Ralph Bathurst and Trudie Cain


The notion of authenticity has developed in the context of a quest for a more humanized and ethical workplace. This search has been made more urgent by the opprobrium heaped on business and political leaders during a time when unethical business practices have contributed to global economic collapse. The theory of authentic leadership has offered a way through the subsequent loss of confidence in those charged with leading business and political organizations. The authentic leader accommodates the traditional instrumental approaches to organizational activity by being a more morally sensitized person who is able to resist the primacy of economic rationality.
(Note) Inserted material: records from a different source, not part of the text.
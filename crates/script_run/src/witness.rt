//! Who is told of the entries that a script makes.
ghost use Rattle.std.specs.Prelude.{◌≡◌, List, [], ◌∷◌, ◌++◌, ◌+◌, length, OnOk, IfOk};
ghost use Rattle.run_model.specs.declared.entry.Entry.{Entry as Made};

use run_model::Entry;
use tact_base::{Items, NoMemory};

/// Who is told of each entry that a script makes, in order, and keeps of it what serves it. The entry itself is given up
/// then.
pub trait Witness {
    /// What it keeps is that of the entries that it was told of.
    ghost saw: { Self → List Made → Type 0 };

    /// Is told of the next entry. After `NoMemory` nothing is said of what it keeps.
    fn sees(&mut self, entry: &Entry) -> Result<(), NoMemory>
        ensures { OnOk result ((history : List Made) → saw self.old history → saw self.new (history ++ entry.now ∷ [])) };
}

/// Keeps all of them.
impl Witness for Items<Entry> {
    ghost saw = { λ entries history. entries ≡ history };

    fn sees(&mut self, entry: &Entry) -> Result<(), NoMemory> {
        self.push_amply(entry.clone()?)
    }
}

/// Keeps how many there were.
#[derive(Drop)]
pub(crate) struct Count {
    pub(crate) entries: u64,
}

impl Witness for Count {
    ghost saw = { λ count history. count.entries ≡ length history };

    fn sees(&mut self, _entry: &Entry) -> Result<(), NoMemory> {
        self.entries = one_more(self.entries)?;
        Ok(())
    }
}

/// The next number. No script makes so many entries that there is none.
pub fn one_more(count: u64) -> Result<u64, NoMemory>
    ensures { IfOk result (λ next. next ≡ count + 1) }
{
    count.checked_add(1).ok_or(NoMemory)
}
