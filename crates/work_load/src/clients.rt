//! The clients of a workload.
ghost use Rattle.std.specs.Prelude.{◌≡◌, ◌<◌, ◌≤◌, ℕ, All, IfOk, length, Ok};
ghost use Rattle.std.specs.List.{list_any};
ghost use Rattle.tact_base.specs.declared.limits.TheConstants.{REPLICAS_MAX};
ghost use Rattle.serde_json.specs.View.{view};
ghost use Rattle.work_load.specs.Entries.{Tells};
ghost use Rattle.work_load.specs.Ranges.{IsClientAfter, IsItemOf};
ghost use Rattle.work_load.specs.declared.plan.TheConstants.{ITEMS_MAX};
ghost use Rattle.work_load.specs.Clients.{item_count, items_of, is_of, client_by, client_after};

use crate::entries::{Counts, Entry, entries};
use crate::fault::EntryFault;
use crate::plan::{Client, ITEMS_MAX, Items};
use crate::values::{both, listed, number_below};
use run_model::LoadKind;
use serde_json::Value;
use std::alloc::Global;
use tact_base::CLIENTS;

impl Entry for Client {
    ghost read_after = { λ counts. client_after counts.replicas counts.conits };

    ghost fits = { λ counts. IsClientAfter counts.replicas counts.conits };

    fn read_after(
        alloc: Global,
        counts: Counts,
        before: &[Self],
        value: &Value,
    ) -> Result<Self, EntryFault> {
        client_after(alloc, counts, before, value)
    }
}

#[tactic(auto, unfolding(crate::specs::Clients::client_after))]
fn client_after(
    alloc: Global,
    counts: Counts,
    before: &[Client],
    value: &Value,
) -> Result<Client, EntryFault>
    requires replicas { 0 < counts.replicas }
    requires few { counts.replicas ≤ REPLICAS_MAX }
    requires conits { 0 < counts.conits }
    ensures within { IfOk result (λ client. IsClientAfter counts.replicas counts.conits before.now client) }
    ensures client { Tells (client_after counts.replicas counts.conits before.now (view value.now)) result }
{
    let [replica, number, list] = listed(value)? else {
        return Err(EntryFault::Kind(LoadKind::Shape));
    };
    let replica = number_below(replica, counts.replicas);
    let who = both(replica, number_below(number, CLIENTS));
    let ((replica, client), _count) = both(who, item_count(list))?;
    if is_named(before, replica, client) {
        return Err(EntryFault::Kind(LoadKind::Twice));
    }
    let counts = Counts { replica, ..counts };
    let items = items_of(alloc, counts, list)?;
    Ok(Client {
        replica,
        client,
        items,
    })
}

// How many items there are in a list of at most 1,000.
#[tactic(auto, unfolding(crate::specs::Clients::item_count))]
fn item_count(value: &Value) -> Result<usize, LoadKind>
    ensures count { result ≡ item_count (view value.now) }
    ensures few { IfOk result (λ count. count ≤ ITEMS_MAX) }
{
    let values = listed(value)?;
    if values.len() > ITEMS_MAX {
        return Err(LoadKind::Shape);
    }
    Ok(values.len())
}

fn is_named(clients: &[Client], replica: u32, number: u32) -> bool
    ensures { result ≡ list_any (is_of replica number) clients.now }
{
    clients.iter().any(|client| client.replica == replica && client.client == number)
}

#[tactic(auto, unfolding(crate::specs::Clients::items_of, crate::specs::Clients::item_count))]
fn items_of(alloc: Global, counts: Counts, value: &Value) -> Result<Items, EntryFault>
    requires replicas { 0 < counts.replicas }
    requires few { counts.replicas ≤ REPLICAS_MAX }
    requires conits { 0 < counts.conits }
    ensures length { IfOk result (λ items. (count : ℕ) → item_count (view value.now) ≡ Ok count → length items ≡ count) }
    ensures within { IfOk result (λ items. All (IsItemOf counts.replicas counts.conits counts.replica) items) }
    ensures items { Tells (items_of counts.replicas counts.conits counts.replica (view value.now)) result }
{
    let values = listed(value)?;
    Ok(entries(alloc, 0, counts, values)?)
}
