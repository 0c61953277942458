//! The reader of workloads.
ghost use Rattle.std.specs.Prelude.{◌≡◌, ◌<◌, IfOk, length, map, option_map, MatchResult, Ok, Err};
ghost use Rattle.serde_json.specs.View.{view};
ghost use Rattle.work_load.specs.Entries.{TellsAt};
ghost use Rattle.work_load.specs.Workloads.{client_values, workload_of, workload_in};

use crate::entries::{Counts, entries, placed};
use crate::fault::LoadFault;
use crate::head::head_of;
use crate::plan::{Client, Plan};
use crate::values::listed;
use run_model::LoadKind;
use serde_json::Value;
use std::alloc::Global;
use tact_base::Items;

/// The plan of a workload.
///
/// The bytes are one JSON object. `Bad` is the first fault; the place is 0 outside the entries of `clients`, else 1 and
/// the position of the client, counted from 0. `NoMemory` is want of memory. The grammar is in docs/FORMATS.md.
#[tactic(auto, unfolding(crate::specs::Workloads::workload_in))]
pub fn parse_plan(alloc: Global, bytes: &[u8]) -> Result<Plan, LoadFault>
    ensures { TellsAt (workload_in bytes.now) result }
{
    match Value::from_slice(alloc, bytes) {
        Ok(value) => plan_of(alloc, &value),
        Err(error) if error.is_memory() => Err(LoadFault::NoMemory),
        Err(_) => Err(LoadFault::Bad {
            place: 0,
            kind: LoadKind::NotJson,
        }),
    }
}

// The values of at least one client.
#[tactic(auto, unfolding(crate::specs::Workloads::client_values))]
fn client_values(found: Option<&Value>) -> Result<&[Value], LoadKind>
    ensures some { IfOk result (λ values. 0 < length values.now) }
    ensures values { MatchResult result
        (λ values. client_values (option_map (λ v. view v.now) found.entry) ≡ Ok (map view values.now))
        (λ kind. client_values (option_map (λ v. view v.now) found.entry) ≡ Err kind) }
{
    let Some(value) = found else {
        return Err(LoadKind::Shape);
    };
    let values = listed(value)?;
    if values.is_empty() {
        return Err(LoadKind::Shape);
    }
    Ok(values)
}

#[tactic(auto, unfolding(crate::specs::Workloads::workload_of))]
fn plan_of(alloc: Global, value: &Value) -> Result<Plan, LoadFault>
    ensures { TellsAt (workload_of (view value.now)) result }
{
    let head = match head_of(alloc, value) {
        Ok(head) => head,
        Err(fault) => return Err(placed(fault, 0)),
    };
    let values = match client_values(value.get("clients")) {
        Ok(values) => values,
        Err(kind) => return Err(LoadFault::Bad { place: 0, kind }),
    };
    let counts = Counts {
        replicas: head.config.replicas(),
        conits: head.config.conits(),
        replica: 0,
    };
    let clients: Items<Client> = entries(alloc, 1, counts, values)?;
    Ok(Plan {
        config: head.config,
        links: head.links,
        settle: head.settle,
        clients,
    })
}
Hence authenticity allows for the goal-oriented, success-driven leader to express his or her nuanced emotions and ethical conundrums while encouraging followers to do the same. To be an effective leader, then, is to be authentic. This theory necessitates that the authentic leader is ‘true to himself’(Khan 2010, p. 168) and, in so doing, enables a positive and creative work climate that attends to the needs of all members of the organization (Alok and Israel 2012; Rego et al. 2012; Woolley et al. 2011). The link, then, between the authentic leader and enfranchised followers is on the overarching desire for all organizational members to be ethical and enact ‘pro-social’ behaviours (Hannah et al. 2011).However, this focus on the authentic self is not universally applauded. Indeed, Gardiner (2011) argues that ‘the new management theory of authentic leadership is deeply problematic because it fails to take into account how social and historical circumstances affect a person’s ability to be a leader’ (p. 99).